__What needs to be done__. Work out how many lines of the material contain the string "DogStatsDRecorder"; the answer is that number only.

__Source material__.
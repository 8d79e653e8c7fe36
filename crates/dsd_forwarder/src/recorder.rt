//! The recorder of a DogStatsD exporter, which threads share.

ghost use Rattle.std.specs.Prelude.{◌≡◌, IfOk, OnErr};
ghost use Rattle.std.specs.Arc.{arc_value};
ghost use Rattle.metrics_core.specs.declared.kinds.MetricKind.TheVariants as kinds;
ghost use Rattle.shared_turns.specs.Passes.{view_of};
ghost use Rattle.shared_flushes.specs.Passes.{IsPass};
ghost use Rattle.dsd_exporter.specs.Lending.{LendsCounter, LendsGauge, LendsHistogram};
ghost use Rattle.dsd_forwarder.specs.Registering.{HandsOut, MayRegister, IsHandedCounter, IsHandedGauge, IsHandedHistogram, IsLoneCounter, IsLoneGauge, IsLoneHistogram};

use crate::held_pass::HeldPass;
use crate::registering::{register_counter, register_gauge, register_histogram};
use dsd_exporter::Lent;
use flushed_cells::{CounterPass, DsdCounter, DsdGauge, GaugePass};
use metrics_core::{Fixed, Key, KeyName, Memory, Metadata, SharedString, Unit};
use metrics_facade::Recorder;
use sample_queue::{DsdHistogram, SamplePass};
use shared_flushes::{SharedState, StatePass};
use std::alloc::Global;
use std::sync::{Arc, Mutex, Wait};

/// Registers series in an exporter's state, which it shares with a forwarder, and hands out what the state lends of them. What it
/// hands out is dropped by its holder, and never given back. It ignores descriptions.
///
/// Who has a pass, which the forwarder lends, registers by `register_counter_seen` and its kin: the registration is then an entry of
/// that pass, behind all that it had seen. The calls of `Recorder` name no pass: they take that of the recorder, which stands behind
/// a lock.
#[derive(Drop)]
pub struct DogStatsDRecorder {
    state: Arc<SharedState>,
    own: Mutex<HeldPass>,
}

impl DogStatsDRecorder {
    /// The recorder of this state, with a pass for the calls that name none.
    pub(crate) fn of(own: HeldPass) -> Result<DogStatsDRecorder, Memory>
        ensures { IfOk result (λ made. arc_value made.state ≡ arc_value own.state) }
    {
        Ok(DogStatsDRecorder {
            state: Arc::try_clone(&own.state)?,
            own: Mutex::new(own),
        })
    }

    /// Registers a counter, behind all that the pass had seen, and hands out what the state lends of it. The pass is one that the
    /// recorder's forwarder lent. Where lending is refused the series stays registered.
    pub fn register_counter_seen<R: Wait>(
        &self,
        rt: &R,
        alloc: Global,
        pass: &mut StatePass,
        key: &Key,
    ) -> Result<Lent<Arc<DsdCounter>, CounterPass>, Memory>
        requires { IsPass (arc_value self.now.state) pass.old }
        ensures pass { IsPass (arc_value self.now.state) pass.new }
        ensures handed { IfOk result IsHandedCounter }
        ensures given { IfOk result (λ lent.
            HandsOut kinds.Counter LendsCounter IsLoneCounter key.now lent (view_of pass.old)
            (view_of pass.new)) }
        ensures refused { OnErr result (MayRegister kinds.Counter key.now (view_of pass.old)
            (view_of pass.new)) }
        ensures number { (view_of pass.new).number ≡ (view_of pass.old).number }
    {
        register_counter(rt, alloc, &self.state, pass, key)
    }

    /// Registers a gauge, as `register_counter_seen` does a counter.
    pub fn register_gauge_seen<R: Wait>(
        &self,
        rt: &R,
        alloc: Global,
        pass: &mut StatePass,
        key: &Key,
    ) -> Result<Lent<Arc<DsdGauge>, GaugePass>, Memory>
        requires { IsPass (arc_value self.now.state) pass.old }
        ensures pass { IsPass (arc_value self.now.state) pass.new }
        ensures handed { IfOk result IsHandedGauge }
        ensures given { IfOk result (λ lent.
            HandsOut kinds.Gauge LendsGauge IsLoneGauge key.now lent (view_of pass.old)
            (view_of pass.new)) }
        ensures refused { OnErr result (MayRegister kinds.Gauge key.now (view_of pass.old)
            (view_of pass.new)) }
        ensures number { (view_of pass.new).number ≡ (view_of pass.old).number }
    {
        register_gauge(rt, alloc, &self.state, pass, key)
    }

    /// Registers a histogram, as `register_counter_seen` does a counter.
    pub fn register_histogram_seen<R: Wait>(
        &self,
        rt: &R,
        alloc: Global,
        pass: &mut StatePass,
        key: &Key,
    ) -> Result<Lent<Arc<DsdHistogram>, SamplePass<Fixed>>, Memory>
        requires { IsPass (arc_value self.now.state) pass.old }
        ensures pass { IsPass (arc_value self.now.state) pass.new }
        ensures handed { IfOk result IsHandedHistogram }
        ensures given { IfOk result (λ lent.
            HandsOut kinds.Histogram LendsHistogram IsLoneHistogram key.now lent (view_of pass.old)
            (view_of pass.new)) }
        ensures refused { OnErr result (MayRegister kinds.Histogram key.now (view_of pass.old)
            (view_of pass.new)) }
        ensures number { (view_of pass.new).number ≡ (view_of pass.old).number }
    {
        register_histogram(rt, alloc, &self.state, pass, key)
    }
}

impl Recorder for DogStatsDRecorder {
    ghost use Rattle.std.specs.Prelude.{◌≡◌, Ok};

    type Counter = Lent<Arc<DsdCounter>, CounterPass>;

    type Gauge = Lent<Arc<DsdGauge>, GaugePass>;

    type Histogram = Lent<Arc<DsdHistogram>, SamplePass<Fixed>>;

    // Which series it is of the kind can't be said: nothing is known of the pass behind the lock but its type.
    ghost counter_of = { λ _ _ _ lent. IsHandedCounter lent };

    ghost gauge_of = { λ _ _ _ lent. IsHandedGauge lent };

    ghost histogram_of = { λ _ _ _ lent. IsHandedHistogram lent };

    ghost describes = { λ _ _ _ _ _ answer. answer ≡ Ok tt };

    /// Does nothing: lines carry no descriptions.
    fn describe_counter<R: Wait>(
        &self,
        _rt: &R,
        _alloc: Global,
        _key: KeyName,
        _unit: Option<Unit>,
        _description: SharedString,
    ) -> Result<(), Memory> {
        Ok(())
    }

    /// Does nothing: lines carry no descriptions.
    fn describe_gauge<R: Wait>(
        &self,
        _rt: &R,
        _alloc: Global,
        _key: KeyName,
        _unit: Option<Unit>,
        _description: SharedString,
    ) -> Result<(), Memory> {
        Ok(())
    }

    /// Does nothing: lines carry no descriptions.
    fn describe_histogram<R: Wait>(
        &self,
        _rt: &R,
        _alloc: Global,
        _key: KeyName,
        _unit: Option<Unit>,
        _description: SharedString,
    ) -> Result<(), Memory> {
        Ok(())
    }

    fn register_counter<R: Wait>(
        &self,
        rt: &R,
        alloc: Global,
        key: &Key,
        _metadata: &Metadata<'_>,
    ) -> Result<Lent<Arc<DsdCounter>, CounterPass>, Memory> {
        self.own.lock(rt).register_counter(rt, alloc, key)
    }

    fn register_gauge<R: Wait>(
        &self,
        rt: &R,
        alloc: Global,
        key: &Key,
        _metadata: &Metadata<'_>,
    ) -> Result<Lent<Arc<DsdGauge>, GaugePass>, Memory> {
        self.own.lock(rt).register_gauge(rt, alloc, key)
    }

    fn register_histogram<R: Wait>(
        &self,
        rt: &R,
        alloc: Global,
        key: &Key,
        _metadata: &Metadata<'_>,
    ) -> Result<Lent<Arc<DsdHistogram>, SamplePass<Fixed>>, Memory> {
        self.own.lock(rt).register_histogram(rt, alloc, key)
    }
}
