//! What a forwarder is made with.

ghost use Rattle.std.specs.Prelude.{◌≡◌};
ghost use Rattle.dsd_addresses.specs.Remotes.{remote_text};
ghost use Rattle.dsd_forwarder.specs.Forwarding.{is_stream};

use dsd_addresses::RemoteAddr;
use metrics_core::Label;

/// What a forwarder is made with. Durations are in nanoseconds.
#[derive(Debug, Drop)]
pub struct ForwarderConfiguration {
    /// Where payloads are sent.
    pub remote_addr: RemoteAddr,
    /// The payload limit, in bytes.
    pub max_payload_len: u64,
    /// How long to wait between two flushes. No timer of this crate acts on it.
    pub flush_interval: u64,
    /// How long a write may take. No timer of this crate acts on it.
    pub write_timeout: u64,
    /// The labels that every line has, behind those of its series.
    pub global_labels: Vec<Label>,
}

impl ForwarderConfiguration {
    /// Whether each payload is led by its length: on a Unix stream alone.
    pub fn is_length_prefixed(&self) -> bool
        ensures { result ≡ is_stream (remote_text self.now.remote_addr) }
    {
        match self.remote_addr {
            RemoteAddr::Unix(_) => true,
            RemoteAddr::Udp(_) | RemoteAddr::Unixgram(_) => false,
        }
    }
}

__Answer area__. 5